Cambuslang St Bride's
- Full name: Cambuslang St Bride's Football Club
- Nickname: the Saints
- Founded: 1889
- Dissolved: 1893
- Ground: Westburn Park
- Hon. Secretary: R. Morgan
- Match Secretary: Hugh Gallacher
| Home colours |

= Cambuslang St Bride's F.C. =

Association football club in Scotland

Cambuslang St Bride's Football Club was an association football club from Cambuslang, Lanarkshire.

==History==

The club was founded in 1889 by Glaswegian workers from Douglas, Lanarkshire, after predecessor Irish diaspora club Cambuslang Hibernian had been expelled from the Scottish Football Association for financial shenanigans. It played at the same Westburn Park ground as the Hibernians and took its name from the local Roman Catholic parish which had been founded in 1878.

The club was admitted to both the Scottish Football Association and the Glasgow Football Association in August 1889. The difficulties it had in the shadow of the much bigger Cambuslang F.C. were shown by the club losing its first match 8–1 at Whifflet Shamrock. Facing an inevitable defeat at home to Airdrieonians in the first round of the 1889–90 Scottish Cup, St Bride's "scratched on the field" and played a friendly instead, which the visitors won 7–1.

A week later the Saints scratched to Northern in the 1889–90 Glasgow Cup. It was the sole entry to the competition, as it left the Glasgow FA in August 1890. It kept its Scottish FA membership open to enter the 1890–91 Scottish Cup, and was drawn to play comparative minnows Rutherglen. However, again, St Bride's scratched, again played out a friendly, and again suffered a six-goal drubbing, this time 6–0.

The club had more success playing Junior ťsides, such as beating Millburn Athletic 5–0 but by November 1890 was struggling to form an XI, only seven players turning up for consecutive games against Glasgow East End (albeit with four replacements St Bride's still won 2–0) and against the Clyde F.C. reserve side.

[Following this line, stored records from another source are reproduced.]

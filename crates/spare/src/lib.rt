// Spare blocks for an update, and block 0 after it.
#![tactic(auto)]

ghost use Rattle.std.specs.Prelude.{◌≡◌, true, [], ◌∷◌, ◌++◌, ◌+◌, ◌-◌, ◌≤◌, ◌<◌, length};
ghost use Rattle.block.specs.Header.{head_of, header_of};
ghost use Rattle.block.specs.HeaderRules.{header_ok};
ghost use Rattle.spare.specs.Spares.{spare_of, taken_of, SpareIn, HeadFits, Reheaded, Clear, TakenFits, Marked, HeadTurned};

// Up to eight blocks that the table does not use.
// Stays: there is no heap, so a fixed array stands here with how many of it are in use.
#[derive(Clone, Copy)]
pub struct Spare {
    pub n: usize,
    pub blocks: [usize; 8],
}

// The last of the first `left`.
pub fn last_of(s: Spare, left: usize) -> usize
    requires { (0 < left) × (left ≤ 8) }
    ensures { spare_of s left ≡ spare_of s (left - 1) ++ (result ∷ []) }
{
    s.blocks[left - 1]
}

// One block more.
fn one_more(s: Spare, b: usize) -> Spare
    requires { s.n < 8 }
    ensures { (result.n ≡ s.n + 1) × (spare_of result result.n ≡ spare_of s s.n ++ (b ∷ [])) }
{
    let n = s.n;
    let mut next = s;
    next.blocks[n] = b;
    next.n = n + 1;
    next
}

// The lowest of so many blocks that a map does not mark; it marks them afterwards, so that none is found twice.
fn find_clear(map: &mut [u8], blocks: usize) -> Spare
    requires { (length map.old ≡ 512) × (blocks ≤ 4096) }
    ensures { Clear map.old blocks result }
{
    let mut found = Spare {
        n: 0,
        blocks: [0; 8],
    };
    for _ in 0..8usize {
        let b = octets::first_clear(map);
        if blocks <= b {
            return found;
        }
        octets::set_bit(map, b);
        found = one_more(found, b);
    }
    found
}

// Blocks that the map of the table does not mark.
pub fn spare_blocks(t: &[u8]) -> Spare
    requires { header_ok (length t.now) (head_of t.now) ≡ true }
    ensures { SpareIn t.now result }
{
    let mut map = [0u8; block::MAP_BYTES];
    octets::copy(
        &t[block::MAP_FROM..block::MAP_END],
        &mut map,
        block::MAP_BYTES,
    );
    find_clear(&mut map, t.len() / block::BLOCK_BYTES)
}

// Marks the blocks that were taken in a map of blocks in use.
fn mark_taken(map: &mut [u8], s: Spare, left: usize)
    requires { (length map.old ≡ 512) × TakenFits s left }
    ensures { Marked map.old map.new (taken_of s left) }
{
    for i in left..s.n {
        octets::set_bit(map, s.blocks[i]);
    }
}

// The bytes of block 0: levels, root and bound, and the blocks taken are marked.
fn turn_head(head: &mut [u8], s: Spare, left: usize, levels: usize, root: usize, bound: u64)
    requires { (length head.old ≡ 2048) × TakenFits s left × (levels < 256) × (root < 65536) × (bound < 4294967296) }
    ensures { HeadTurned (header_of head.old) (header_of head.new) (taken_of s left) levels root bound }
{
    octets::write8(head, 5, levels);
    octets::write16(head, 6, root);
    octets::write32(head, 8, bound);
    mark_taken(&mut head[block::MAP_FROM..block::MAP_END], s, left);
}

// Block 0 after an update: levels, root and bound, and the blocks taken are marked.
pub fn rehead(t: &mut [u8], s: Spare, left: usize, levels: usize, root: usize, bound: u64)
    requires { HeadFits t.old s left levels root bound }
    ensures { Reheaded t.old t.new (taken_of s left) levels root bound }
{
    turn_head(&mut t[0..block::BLOCK_BYTES], s, left, levels, root, bound);
}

The Saints somehow kept going to 1891–92, but scratched a third time in the Scottish Cup, this time to Carrington in the first qualifying round, After three successive withdrawals, the Scottish FA could not let the Saints remain as members, and the club does not seem to have played after a 2–1 win against the short-lived Linfield side of Anniesland in February 1892. Cambuslang Hibernian reformed as a Junior level club at around the same time.

==Colours==

The club played in green.

==Ground==

The club played at Westburn Park, also known as Roslea Park.